Saved data entries:
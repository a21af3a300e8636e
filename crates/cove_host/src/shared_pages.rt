//! Pages of the host's for a TVM that is finalized.

ghost use Rattle.std.specs.Prelude.{◌≡◌, ◌<◌};
ghost use Rattle.cove_base.specs.declared.calls.HostCall.TheVariants.{Shared};
ghost use Rattle.cove_tvm.specs.Called.{Called, IsReady};
ghost use Rattle.cove_model.specs.HostCalls.{rule};
ghost use Rattle.cove_model.specs.LawfulStores.{AllowsLawful};

use crate::checks::DONE;
use crate::counts::raise_counts;
use crate::mapping::{map_pages, mappable};
use crate::pages::page_of;
use cove_base::{Gpn, HartId, Reply, Words};
use cove_tvm::Ground;

/// Maps guest pages of a TVM, from `gpa` on, to `n` pages of the host's from the byte address `base` on.
pub fn add_shared_pages<W: Words>(
    w: &mut W,
    g: &mut Ground,
    h: HartId,
    t: u64,
    base: u64,
    n: u64,
    gpa: u64,
) -> Reply
    requires ready { IsReady (W.words w.old) g.old }
    requires on_board { h.0 < g.old.harts }
    requires allowed { AllowsLawful (W.allows (W.guard w.old)) g.old.pages g.old.harts h.0 (W.words w.old) }
    ensures called { Called h.0 (λ S. rule S h.0 (Shared t base n gpa)) (W.words w.old) (W.words w.new) g.old g.new result }
    ensures guard { W.guard w.new ≡ W.guard w.old }
{
    match mappable(w, g, t, base, n, gpa, true) {
        Err(reply) => reply,
        Ok(()) => {
            let count = n as u32;
            raise_counts(w, page_of(base), count);
            map_pages(w, g, t, Gpn(gpa / 4096), page_of(base), count, true);
            DONE
        }
    }
}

* _Exercise instructions_: Retype all of the records above, word for word.

* _Your solution_:
repository a21af3a300e8636e
filename crates/cove_host/src/shared_pages.rt
//! Pages of the host's for a TVM that is finalized.

ghost use Rattle.std.specs.Prelude.{◌≡◌, ◌<◌};
ghost use Rattle.cove_base.specs.declared.calls.HostCall.TheVariants.{Shared};
ghost use Rattle.cove_tvm.specs.Called.{Called, IsReady};
ghost use Rattle.cove_model.specs.HostCalls.{rule};
ghost use Rattle.cove_model.specs.LawfulStores.{AllowsLawful};

use crate::checks::DONE;
use crate::counts::raise_counts;
use crate::mapping::{map_pages, mappable};
use crate::pages::page_of;
use cove_base::{Gpn, HartId, Reply, Words};
use cove_tvm::Ground;

/// Maps guest pages of a TVM, from `gpa` on, to `n` pages of the host's from the byte address `base` on.
pub fn add_shared_pages<W: Words>(
    w: &mut W,
    g: &mut Ground,
    h: HartId,
    t: u64,
    base: u64,
    n: u64,
    gpa: u64,
) -> Reply
    requires ready { IsReady (W.words w.old) g.old }
    requires on_board { h.0 < g.old.harts }
    requires allowed { AllowsLawful (W.allows (W.guard w.old)) g.old.pages g.old.harts h.0 (W.words w.old) }
    ensures called { Called h.0 (λ S. rule S h.0 (Shared t base n gpa)) (W.words w.old) (W.words w.new) g.old g.new result }
    ensures guard { W.guard w.new ≡ W.guard w.old }
{
    match mappable(w, g, t, base, n, gpa, true) {
        Err(reply) => reply,
        Ok(()) => {
            let count = n as u32;
            raise_counts(w, page_of(base), count);
            map_pages(w, g, t, Gpn(gpa / 4096), page_of(base), count, true);
            DONE
        }
    }
}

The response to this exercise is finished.